RECORDS SHOWN Start Marker

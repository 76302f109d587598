// What the bytes of a file header and of a record header say (pcap 2.4).

ghost use Rattle.std.specs.Prelude.{◌≡◌, ◌+◌, ◌*◌, ◌^◌, ◌<◌, ◌≤◌, if◌then◌else◌, length, IfOk, IfErr};
ghost use Rattle.trex_pcap.specs.Following.{IsOfCapture, ReadsHead};
ghost use Rattle.trex_pcap.specs.Reading.{format_in, fractions, number_at, opening};

use crate::fault::CaptureFault;
use crate::format::Format;
use crate::record::Record;
use crate::writing::{
    LINK_ETHERNET, MAGIC_NANOSECONDS, NANOSECONDS_PER_SECOND, SNAPSHOT_LENGTH, VERSION_MAJOR,
    VERSION_MINOR,
};
use byteorder::{BigEndian, ByteOrder, LittleEndian};

/// The length of a file header in bytes.
pub(crate) const FILE_HEADER: usize = 24;

/// The length of a record header in bytes.
pub(crate) const RECORD_HEADER: usize = 16;

/// The magic number of a capture whose fractions of a second are microseconds.
const MAGIC_MICROSECONDS: u32 = 0xA1B2_C3D4;

const MICROSECONDS_PER_SECOND: u64 = 1_000_000;

const NANOSECONDS_PER_MICROSECOND: u64 = 1_000;

/// The number in the two bytes from a place on, in the byte order of the capture.
#[tactic(auto, unfolding(crate::specs::Reading::number_at))]
fn two_at(big: bool, bytes: &[u8], at: usize) -> u16
    requires { at + 2 ≤ length bytes.now }
    ensures { result ≡ number_at big 2 at bytes.now }
{
    if big {
        BigEndian::read_u16(&bytes[at..])
    } else {
        LittleEndian::read_u16(&bytes[at..])
    }
}

/// The number in the four bytes from a place on, in the byte order of the capture.
#[tactic(auto, unfolding(crate::specs::Reading::number_at))]
fn four_at(big: bool, bytes: &[u8], at: usize) -> u32
    requires { at + 4 ≤ length bytes.now }
    ensures { result ≡ number_at big 4 at bytes.now }
{
    if big {
        BigEndian::read_u32(&bytes[at..])
    } else {
        LittleEndian::read_u32(&bytes[at..])
    }
}

/// The format that the first four bytes of a file header name in a byte order. None where they are no magic number in it.
fn format_in(big: bool, header: &[u8]) -> Option<Format>
    requires { 4 ≤ length header.now }
    ensures { result ≡ format_in big header.now }
{
    match four_at(big, header, 0) {
        MAGIC_NANOSECONDS => Some(Format { big, micro: false }),
        MAGIC_MICROSECONDS => Some(Format { big, micro: true }),
        _ => None,
    }
}

/// The format that a file header names, or what is wrong with the header.
#[tactic(auto, unfolding(crate::specs::Reading::opening))]
pub(crate) fn open(header: &[u8]) -> Result<Format, CaptureFault>
    requires { length header.now ≡ 24 }
    ensures value { result ≡ opening header.now }
    ensures own { IfErr result IsOfCapture }
{
    let format = format_in(true, header)
        .or(format_in(false, header))
        .ok_or(CaptureFault::BadMagic)?;
    let big = format.big;
    if two_at(big, header, 4) != VERSION_MAJOR || two_at(big, header, 6) != VERSION_MINOR {
        return Err(CaptureFault::BadVersion);
    }
    if four_at(big, header, 20) != LINK_ETHERNET {
        return Err(CaptureFault::BadLink);
    }
    Ok(format)
}

/// How many of a record's fractions make a second.
fn fractions(format: Format) -> u64
    ensures { result ≡ fractions format }
{
    if format.micro {
        MICROSECONDS_PER_SECOND
    } else {
        NANOSECONDS_PER_SECOND
    }
}

/// A record's time, in nanoseconds since 1970.
fn time_of(format: Format, seconds: u32, fraction: u32) -> u64
    ensures { result ≡ seconds * 10 ^ 9 + (if format.micro then fraction * 1000 else fraction) }
{
    let scale = if format.micro {
        NANOSECONDS_PER_MICROSECOND
    } else {
        1
    };
    u64::from(seconds) * NANOSECONDS_PER_SECOND + u64::from(fraction) * scale
}

/// What the header of record `number` says, or what is wrong with it.
#[tactic(auto, unfolding(crate::specs::Reading::head_fault))]
pub(crate) fn read_head(format: Format, number: u64, header: &[u8]) -> Result<Record, CaptureFault>
    requires { length header.now ≡ 16 }
    ensures value { ReadsHead format number header.now result }
    ensures own { IfErr result IsOfCapture }
    ensures small { IfOk result (λ r. (r.captured ≤ 262144) × (r.time < 2 ^ 63)) }
{
    let big = format.big;
    let seconds = four_at(big, header, 0);
    let fraction = four_at(big, header, 4);
    let captured = four_at(big, header, 8);
    let original = four_at(big, header, 12);
    if u64::from(fraction) >= fractions(format) {
        return Err(CaptureFault::BadFraction { number });
    }
    if captured > SNAPSHOT_LENGTH {
        return Err(CaptureFault::BadLength { number });
    }
    Ok(Record {
        number,
        time: time_of(format, seconds, fraction),
        captured,
        original,
    })
}
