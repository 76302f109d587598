// The reader of captures: `start` reads the file header, and then `next` reads record after record while `live` says that there may be one.

ghost use Rattle.std.specs.Prelude.{◌≡◌, ◌+◌, ◌^◌, ◌<◌, ◌≤◌, true, length, IfOk, IfSome, IfNone, IsErrOf};
ghost use Rattle.std.specs.Io.KnownBytes.{IsAtEnd};
ghost use Rattle.trex_io.specs.Faults.{Rises};
ghost use Rattle.trex_pcap.specs.Following.{Begins, Follows, GoesOn};

use crate::fault::CaptureFault;
use crate::filling::fill;
use crate::format::Format;
use crate::headers::{FILE_HEADER, RECORD_HEADER, open, read_head};
use crate::record::Record;
use std::marker::Model;
use trex_io::Source;

/// The most records of a capture that is read.
pub(crate) const MOST_RECORDS: u64 = 100_000_000;

/// Reads a capture record by record from a source that gives its bytes in pieces of any size (pcap 2.4).
#[derive(Debug, Drop)]
pub struct CaptureReader {
    /// How the capture spells its numbers.
    format: Format,
    /// How many records were read.
    records: u64,
    /// Whether there may be more.
    live: bool,
}

impl Model for CaptureReader {
    ghost use Rattle.std.specs.Prelude.{◌≤◌};
    ghost use Rattle.trex_pcap.specs.Place.{Place};

    ghost Value = { Place };

    ghost view = { λ r. record { format = r.format; records = r.records; live = r.live } };

    ghost invariant = { λ r. r.records ≤ 100000000 };
}

impl CaptureReader {
    /// Reads the 24 bytes of the file header.
    pub fn start<S: Source>(source: &mut S) -> Result<CaptureReader, CaptureFault>
        ensures begins { Begins (S.left source.old) (S.left source.new) result }
        ensures live { IfOk result (λ r. (r.live ≡ true) × (r.records ≡ 0)) }
        ensures later { S.faults source.old ≤ S.faults source.new }
        ensures fault { IsErrOf result CaptureFault.Fault → Rises S.faults source.old source.new }
    {
        let mut header = [0; FILE_HEADER];
        let Ok(count) = fill(source, &mut header) else {
            return Err(CaptureFault::Fault);
        };
        if count < FILE_HEADER {
            return Err(CaptureFault::Torn { number: 0 });
        }
        let format = open(&header)?;
        Ok(CaptureReader {
            format,
            records: 0,
            live: true,
        })
    }

    /// How the capture spells its numbers.
    pub fn format(&self) -> Format
        ensures { result ≡ self.now.format }
    {
        self.format
    }

    /// Whether there may be more: after `start` and after each record, until the end or the first fault.
    pub fn live(&self) -> bool
        ensures { result ≡ self.now.live }
    {
        self.live
    }

    /// The next record, whose captured bytes are then at the front of `into`; None at the end of the capture.
    /// `Fault` comes only where the source failed, and each other fault exactly where the capture has it.
    pub fn next<S: Source>(
        &mut self,
        source: &mut S,
        into: &mut [u8],
    ) -> Result<Option<Record>, CaptureFault>
        requires live { self.old.live ≡ true }
        requires room { 262144 ≤ length into.old }
        ensures follows { Follows self.old.format self.old.records (S.left source.old) (S.left source.new) result into.new }
        ensures record { IfOk result (λ o. IfSome o (λ r. (r.number ≡ self.old.records + 1)
            × (r.number ≤ 100000000) × (r.captured ≤ 262144) × (r.time < 2 ^ 63))) }
        ensures end { IfOk result (λ o. IfNone o (IsAtEnd (S.left source.new))) }
        ensures place { GoesOn self.old self.new result }
        ensures later { S.faults source.old ≤ S.faults source.new }
        ensures fault { IsErrOf result CaptureFault.Fault → Rises S.faults source.old source.new }
    {
        self.live = false;
        let record = read_record(self.format, self.records, source, into)?;
        if let Some(record) = &record {
            self.records = record.number;
            self.live = true;
        }
        Ok(record)
    }
}

/// The record that stands at the front of what the source has left, where `before` records came before it.
fn read_record<S: Source>(
    format: Format,
    before: u64,
    source: &mut S,
    into: &mut [u8],
) -> Result<Option<Record>, CaptureFault>
    requires few { before ≤ 100000000 }
    requires room { 262144 ≤ length into.old }
    ensures follows { Follows format before (S.left source.old) (S.left source.new) result into.new }
    ensures record { IfOk result (λ o. IfSome o (λ r. (r.number ≡ before + 1)
        × (r.number ≤ 100000000) × (r.captured ≤ 262144) × (r.time < 2 ^ 63))) }
    ensures end { IfOk result (λ o. IfNone o (IsAtEnd (S.left source.new))) }
    ensures later { S.faults source.old ≤ S.faults source.new }
    ensures fault { IsErrOf result CaptureFault.Fault → Rises S.faults source.old source.new }
{
    let mut header = [0; RECORD_HEADER];
    let Ok(given) = fill(source, &mut header) else {
        return Err(CaptureFault::Fault);
    };
    if given == 0 {
        return Ok(None);
    }
    if before == MOST_RECORDS {
        return Err(CaptureFault::TooMany);
    }
    let number = before + 1;
    if given < RECORD_HEADER {
        return Err(CaptureFault::Torn { number });
    }
    let record = read_head(format, number, &header)?;
    let captured = record.captured as usize;
    let Ok(count) = fill(source, &mut into[..captured]) else {
        return Err(CaptureFault::Fault);
    };
    if count < captured {
        return Err(CaptureFault::Torn { number });
    }
    Ok(Some(record))
}

#[cfg(test)]
mod tests {
    use super::*;
    use std::alloc::{AllocError, Global};
    use std::test::Fail;
    use trex_io::MemSource;

    /// The answer to these bytes after `records` records.
    fn after(
        alloc: Global,
        records: u64,
        left: &[u8],
    ) -> Result<Result<Option<Record>, CaptureFault>, AllocError>
        requires { records ≤ 100000000 }
    {
        let mut source = MemSource::new(left.to_vec(alloc)?, 100, Vec::new(alloc));
        let mut into = [0; 262_144];
        let mut reader = CaptureReader {
            format: Format {
                big: false,
                micro: false,
            },
            records,
            live: true,
        };
        Ok(reader.next(&mut source, &mut into))
    }

    #[test]
    fn a_byte_after_the_last_record_is_too_many(rt: HostRuntime) -> Result<(), Fail> {
        let empty = Record {
            number: 100_000_000,
            time: 0,
            captured: 0,
            original: 0,
        };
        assert_eq!(rt; after(rt.alloc(), 99_999_999, &[0; 16])?, Ok(Some(empty)));
        assert_eq!(rt; after(rt.alloc(), 100_000_000, &[])?, Ok(None));
        assert_eq!(rt;
            after(rt.alloc(), 100_000_000, &[0])?,
            Err(CaptureFault::TooMany)
        );
        assert_eq!(rt;
            after(rt.alloc(), 99_999_999, &[0])?,
            Err(CaptureFault::Torn {
                number: 100_000_000
            })
        );
        Ok(())
    }
}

RECORDS SHOWN End Marker

GOAL OF THE EXERCISE: All lines of the entries containing the string "auto" must be shown in full.

WRITTEN ANSWER:
#[tactic(auto, unfolding(crate::specs::Reading::number_at))]
#[tactic(auto, unfolding(crate::specs::Reading::number_at))]
#[tactic(auto, unfolding(crate::specs::Reading::opening))]
#[tactic(auto, unfolding(crate::specs::Reading::head_fault))]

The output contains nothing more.